Team Behind the Design
The thing about print is that it tells the truth. You can’t hide behind transitions or motion graphics; the design either holds attention or it doesn’t. When I saw Elevation Design’s work for Gourmet Foods, I saw a brochure that understands its medium: confident color, tight structure, and a real sense of purpose.
This wasn’t a product list pretending to be a catalogue. It’s print doing what digital rarely does anymore: slowing the reader down to appreciate hierarchy, balance, and the sensory pull of well-shot food imagery.
Print Design Analysis

Most FMCG brochures read like inventory sheets. They run the risk of being functional but forgettable.

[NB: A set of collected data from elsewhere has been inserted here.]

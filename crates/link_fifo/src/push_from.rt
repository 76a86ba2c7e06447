// Pushing the pieces of an item.
ghost use Rattle.std.specs.Prelude.{◌≡◌, ◌+◌, ◌<◌, ◌≤◌, ◌++◌, ◌⊎◌, length, drop};
ghost use Rattle.wire_frame.specs.Stream.{framed_item};
ghost use Rattle.link_fifo.specs.Ring.{ring_sent, ring_room, SameOut};
ghost use Rattle.link_fifo.specs.Cuts.{cuts_of, Grows};

use crate::RingOut;
use crate::bytes_at::piece_at;
use crate::piece::MAX_PIECE_LEN;
use svc_value::limits::MAX_FRAME_LEN;

#[tactic(auto, using(crate::proofs::Grown::grows_not))]
/// Pushes the pieces that fit, and answers where the next one begins.
pub(crate) fn push_from(item: &[u8], from: usize, out: &mut RingOut) -> usize
    requires { length item.now ≤ MAX_FRAME_LEN }
    ensures sent { ring_sent out.new ++ cuts_of (drop result (framed_item item.now)) ≡ ring_sent out.old ++ cuts_of (drop from (framed_item item.now)) }
    ensures full { (length item.now + 2 ≤ result) ⊎ (ring_room out.new ≡ 0) }
    ensures grown { Grows (ring_sent out.old) (ring_sent out.new) }
    ensures forward { from ≤ result }
    ensures ring { SameOut out.old out.new }
{
    let len = item.len() + 2;
    let mut at = from;
    while at < len {
        match out.push(piece_at(item, at)) {
            Ok(()) => at += MAX_PIECE_LEN,
            Err(_) => return at,
        }
    }
    at
}
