// Pieces of an item behind its length.
ghost use Rattle.std.specs.Prelude.{◌≡◌, ◌+◌, ◌<◌, ◌≤◌, length, take, drop, slice_index};
ghost use Rattle.wire_frame.specs.Stream.{framed_item};

use crate::Piece;
use crate::piece::MAX_PIECE_LEN;
use svc_value::limits::MAX_FRAME_LEN;

/// The byte at `at` of an item behind its length.
pub(crate) fn byte_at(item: &[u8], at: usize) -> u8
    requires fits { length item.now ≤ MAX_FRAME_LEN }
    requires within { at < length item.now + 2 }
    ensures { result ≡ slice_index (framed_item item.now) at }
{
    let len = item.len();
    if at == 0 {
        (len / 256) as u8
    } else if at == 1 {
        (len % 256) as u8
    } else {
        item[at - 2]
    }
}

// The piece that begins at `at` of an item behind its length, byte by byte.
fn piece_from_length(item: &[u8], at: usize) -> Piece
    requires fits { length item.now ≤ MAX_FRAME_LEN }
    requires within { at < length item.now + 2 }
    ensures { result ≡ take MAX_PIECE_LEN (drop at (framed_item item.now)) }
{
    let count = (item.len() + 2 - at).min(MAX_PIECE_LEN);
    let mut bytes = [0; MAX_PIECE_LEN];
    for i in 0..count {
        bytes[i] = byte_at(item, at + i);
    }
    Piece::cut(&bytes[..count])
}

/// The piece that begins at `at` of an item behind its length.
pub(crate) fn piece_at(item: &[u8], at: usize) -> Piece
    requires fits { length item.now ≤ MAX_FRAME_LEN }
    requires within { at < length item.now + 2 }
    ensures { result ≡ take MAX_PIECE_LEN (drop at (framed_item item.now)) }
{
    if at < 2 {
        return piece_from_length(item, at);
    }
    Piece::cut(&item[at - 2..])
}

Elevation Design flipped that convention by turning the catalogue into a visual journey through flavor and form. Each section uses color to define category and rhythm, allowing the layout to feel alive without losing order.
The brand’s red, yellow, and blue aren’t just palette choices; they act as wayfinding tools, giving every spread its own pulse while maintaining brand cohesion.

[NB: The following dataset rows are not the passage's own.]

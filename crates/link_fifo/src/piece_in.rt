// The end of a ring that gives items.
ghost use Rattle.std.specs.Prelude.{◌≡◌};
ghost use Rattle.link_fifo.specs.Ring.{ring_received};
ghost use Rattle.link_fifo.specs.Cuts.{IsRead, place_of};

use crate::piece::MAX_PIECE_LEN;
use crate::{ItemError, RingIn};
use std::alloc::Global;
use svc_value::{Bytes, OutOfMemory};
use wire_frame::{CutError, Cutter};

/// The end of a ring that receives pieces and gives items. It holds the bytes that were popped and not answered, and tells every
/// item that it gave, oldest first.
#[derive(Drop)]
pub struct PieceIn {
    pub(crate) into: RingIn,
    pub(crate) cutter: Cutter,
    ghost read: { IsRead (ring_received into) cutter.held },
    ghost place: { cutter.offset ≡ place_of (ring_received into) cutter.held },
}

impl PieceIn {
    ghost use Rattle.std.specs.Prelude.{◌≡◌, ◌+◌, ◌<◌, ◌≤◌, ◌++◌, [], ◌∷◌, ℕ, length, flat_map, Ok, Err, Some, None, OnOk, OnErr, IfOk, IfErr, IfSome, IsTrue, IsFalse, true, false};
    ghost use Rattle.wire_frame.specs.Stream.{framed_item, IsItem, IsPartial, IsTooLong};
    ghost use Rattle.wire_frame.specs.Cut.{past};
    ghost use Rattle.link_fifo.specs.Ring.{ring_received, ring_known, SameIn};
    ghost use Rattle.link_fifo.specs.Cuts.{bytes_of_pieces, Grows};
    ghost use Rattle.link_fifo.specs.Ends.{items_received, pieces_received, held_bytes, offset_of, known_pieces, IsReaderOf, SameReader};

    /// An end over `into`, which has received no piece; it has given no item, belongs to the ring of `into`, and takes its
    /// memory from `alloc`.
    pub fn new(alloc: Global, into: RingIn) -> PieceIn
        requires { ring_received into ≡ [] }
        ensures received { items_received result ≡ [] }
        ensures held { held_bytes result ≡ [] }
        ensures ring { IsReaderOf into result }
    {
        PieceIn {
            into,
            cutter: Cutter::new(alloc),
        }
    }

    /// The next item of what is held.
    fn next(&mut self) -> Result<Option<Bytes>, CutError>
        ensures item { IfOk result (λ o. IfSome o (λ item. items_received self.new ≡ items_received self.old ++ item ∷ [])) }
        ensures front { IfOk result (λ o. IfSome o (λ item. held_bytes self.old ≡ framed_item item ++ held_bytes self.new)) }
        ensures none { result ≡ Ok None → IsPartial (held_bytes self.old) × (items_received self.new ≡ items_received self.old) × (held_bytes self.new ≡ held_bytes self.old) }
        ensures err { OnErr result ((items_received self.new ≡ items_received self.old) × (held_bytes self.new ≡ held_bytes self.old)) }
        ensures place { OnErr result (self.new.cutter ≡ self.old.cutter) }
        ensures same { result ≡ Ok None → self.new.cutter ≡ self.old.cutter }
        ensures too_long { IsTooLong (held_bytes self.old) → result ≡ Err (CutError.Length (offset_of self.old)) }
        ensures refused { (at : ℕ) → result ≡ Err (CutError.Length at) → (at ≡ offset_of self.old) × IsTooLong (held_bytes self.old) }
        ensures ring { self.new.into ≡ self.old.into }
    {
        match self.cutter.next() {
            Ok(Some(item)) => Ok(Some(item)),
            Ok(None) => Ok(None),
            Err(error) => Err(error),
        }
    }

    /// Pops a piece, and holds its bytes. False where none is known.
    #[tactic(auto, using(crate::proofs::Grown::grows_not))]
    fn pop(&mut self) -> Result<bool, OutOfMemory>
        ensures received { items_received self.new ≡ items_received self.old }
        ensures more { result ≡ Ok true → length (held_bytes self.old) < length (held_bytes self.new) }
        ensures none { result ≡ Ok false → (known_pieces self.new ≡ []) × (held_bytes self.new ≡ held_bytes self.old) }
        ensures err { OnErr result (held_bytes self.new ≡ held_bytes self.old) }
        ensures place { offset_of self.new ≡ offset_of self.old }
        ensures grown { Grows (pieces_received self.old) (pieces_received self.new) }
        ensures ring { SameReader self.old self.new }
    {
        self.cutter.reserve(MAX_PIECE_LEN)?;
        match self.into.pop() {
            Some(piece) => {
                self.cutter.feed(piece.as_slice());
                Ok(true)
            }
            None => Ok(false),
        }
    }

    /// The next item: pops pieces until one is whole. None only where no piece is known to wait afterwards and no whole item
    /// is held. `Length` exactly where a length above 585 stands in front of what is held, with its offset in all that was
    /// popped. After `OutOfMemory` no popped byte is lost.
    #[tactic(auto, using(crate::proofs::Grown::grows_not, crate::proofs::Grown::grows_twice))]
    pub fn pop_item(&mut self) -> Result<Option<Bytes>, ItemError>
        ensures item { IfOk result (λ o. IfSome o (λ item. items_received self.new ≡ items_received self.old ++ item ∷ [])) }
        ensures none { result ≡ Ok None → (items_received self.new ≡ items_received self.old) × (known_pieces self.new ≡ []) × IsPartial (held_bytes self.new) }
        ensures err { OnErr result (items_received self.new ≡ items_received self.old) }
        ensures refused { (at : ℕ) → result ≡ Err (ItemError.Length at) → (at ≡ offset_of self.new) × IsTooLong (held_bytes self.new) }
        ensures again { IsTooLong (held_bytes self.old) → result ≡ Err (ItemError.Length (offset_of self.old)) }
        ensures bytes { bytes_of_pieces (pieces_received self.new) ≡ flat_map framed_item (items_received self.new) ++ held_bytes self.new }
        ensures grown { Grows (pieces_received self.old) (pieces_received self.new) }
        ensures ring { SameReader self.old self.new }
    {
        loop {
            match self.next() {
                Ok(Some(item)) => return Ok(Some(item)),
                Ok(None) => {}
                Err(CutError::Length { at }) => return Err(ItemError::Length { at }),
                Err(CutError::OutOfMemory) => return Err(ItemError::OutOfMemory),
            }
            if !self.pop()? {
                return Ok(None);
            }
        }
    }
}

It’s design as both navigation and storytelling.
Outstanding Design Features

1. Color as a System, Not Decoration
What stood out to me wasn’t the food photography alone; it was the control of color.

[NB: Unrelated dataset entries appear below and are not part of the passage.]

// A link that is a list in memory.
ghost use Rattle.std.specs.Prelude.{◌≡◌};

use crate::{LinkIn, LinkOut};
use std::alloc::Global;
use std::collections::VecDeque;
use std::marker::Model;
use svc_value::{Bytes, OutOfMemory};

/// A list of items in memory: the last one pushed is the last one popped. It keeps no history, and is seen as the list `waiting`
/// and the number `spare` of pushes that are known to succeed.
#[derive(Debug, Drop)]
pub struct MemoryLink {
    items: VecDeque<Bytes>,
}

impl Model for MemoryLink {
    ghost use Rattle.std.specs.Prelude.{◌-◌};
    ghost use Rattle.std.specs.VecDeque.{deque_len, deque_capacity};
    ghost use Rattle.link_fifo.specs.Waiting.{Link};

    ghost Value = { Link };

    ghost view = { λ link. record { waiting = link.items.items; spare = deque_capacity link.items - deque_len link.items } };
}

impl MemoryLink {
    ghost use Rattle.std.specs.Prelude.{◌≡◌, ◌<◌, ◌≤◌, ◌+◌, [], ◌∷◌, option_map, OnOk, OnErr};
    ghost use Rattle.link_fifo.specs.Waiting.{first_of};

    /// An empty link, which takes its memory from `alloc` when room is reserved.
    pub fn new(alloc: Global) -> MemoryLink
        ensures { result.waiting ≡ [] }
    {
        MemoryLink {
            items: VecDeque::new(alloc),
        }
    }

    /// Makes `spare` at least `count`, and leaves the items as they were. After `OutOfMemory` the link is as it was.
    pub fn reserve(&mut self, count: usize) -> Result<(), OutOfMemory>
        ensures spare { OnOk result (count ≤ self.new.spare) }
        ensures grows { self.old.spare ≤ self.new.spare }
        ensures waiting { self.new.waiting ≡ self.old.waiting }
        ensures err { OnErr result (self.new ≡ self.old) }
    {
        let len = self.items.len();
        if self.items.capacity() - len < count {
            // At least as much again, so that the copies of many calls are no more than the items.
            self.items.reserve_exact(count.max(len))?;
        }
        Ok(())
    }

    /// Puts `item` in front of those that wait, where `spare` is positive, as it is after a pop. No memory is taken.
    pub fn put_back(&mut self, item: Bytes)
        requires { 0 < self.old.spare }
        ensures waiting { self.new.waiting ≡ item ∷ self.old.waiting }
        ensures spare { self.new.spare + 1 ≡ self.old.spare }
    {
        self.items.push_front_reserved(item);
    }

    /// The first item that waits, lent; `None` exactly where none waits.
    pub fn front(&self) -> Option<&[u8]>
        ensures { option_map (λ item. item.now) result ≡ first_of self.now.waiting }
    {
        self.items.front().map(|item| item.as_slice())
    }
}

impl LinkOut for MemoryLink {
    ghost use Rattle.std.specs.Prelude.{◌≡◌, ◌++◌, ◌∷◌, [], ◌<◌, ◌≤◌, ◌+◌, None, option_map, OnOk, OnErr, IfErr, IsOk};

    ghost sent = { λ _. None };

    ghost room = { λ link. link.spare };

    /// Takes `item` where `spare` is positive, else hands it back. No memory is taken.
    fn push(&mut self, item: Bytes) -> Result<(), Bytes>
        ensures handed_back { IfErr result (λ back. back ≡ item) }
        ensures full { IfErr result (λ _. self.new.spare ≡ 0) }
        ensures succeeds { 0 < self.old.spare → IsOk result }
        ensures appended { OnOk result (self.new.waiting ≡ self.old.waiting ++ item ∷ []) }
        ensures spare { OnOk result (self.old.spare ≤ self.new.spare + 1) }
        ensures err { OnErr result (self.new ≡ self.old) }
    {
        if self.items.len() == self.items.capacity() {
            return Err(item);
        }
        self.items.push_back_reserved(item);
        Ok(())
    }
}

impl LinkIn for MemoryLink {
    ghost use Rattle.std.specs.Prelude.{◌≡◌, ◌++◌, ◌∷◌, [], ◌≤◌, ◌+◌, ◌↔◌, None, IfSome, IsNone};

    ghost received = { λ _. None };

    ghost known = { λ link. link.waiting };

    /// The first item that waits; `None` exactly where none waits. `spare` rises by one with an item. No memory is taken.
    fn pop(&mut self) -> Option<Bytes>
        ensures taken { IfSome result (λ item. self.old.waiting ≡ item ∷ self.new.waiting) }
        ensures empty { IsNone result ↔ (self.old.waiting ≡ []) }
        ensures kept { IsNone result → self.new ≡ self.old }
        ensures spare { IfSome result (λ _. self.new.spare ≡ self.old.spare + 1) }
    {
        self.items.pop_front()
    }
}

Each section owns a hue that signals, “You’re in a new chapter now.” It’s smart, not decorative. The palette works like a map, guiding the reader through the range without them ever realizing they’re being guided.
2. Typography That Anchors Trust
What makes the typography effective is its confidence. Elevation Design chose a clean, geometric sans-serif that communicates clarity and experience without trying to impress. It carries the weight of a long-standing brand: steady, familiar, and reliable. The type doesn’t compete with the imagery; it supports it, grounding the brochure in order and professionalism.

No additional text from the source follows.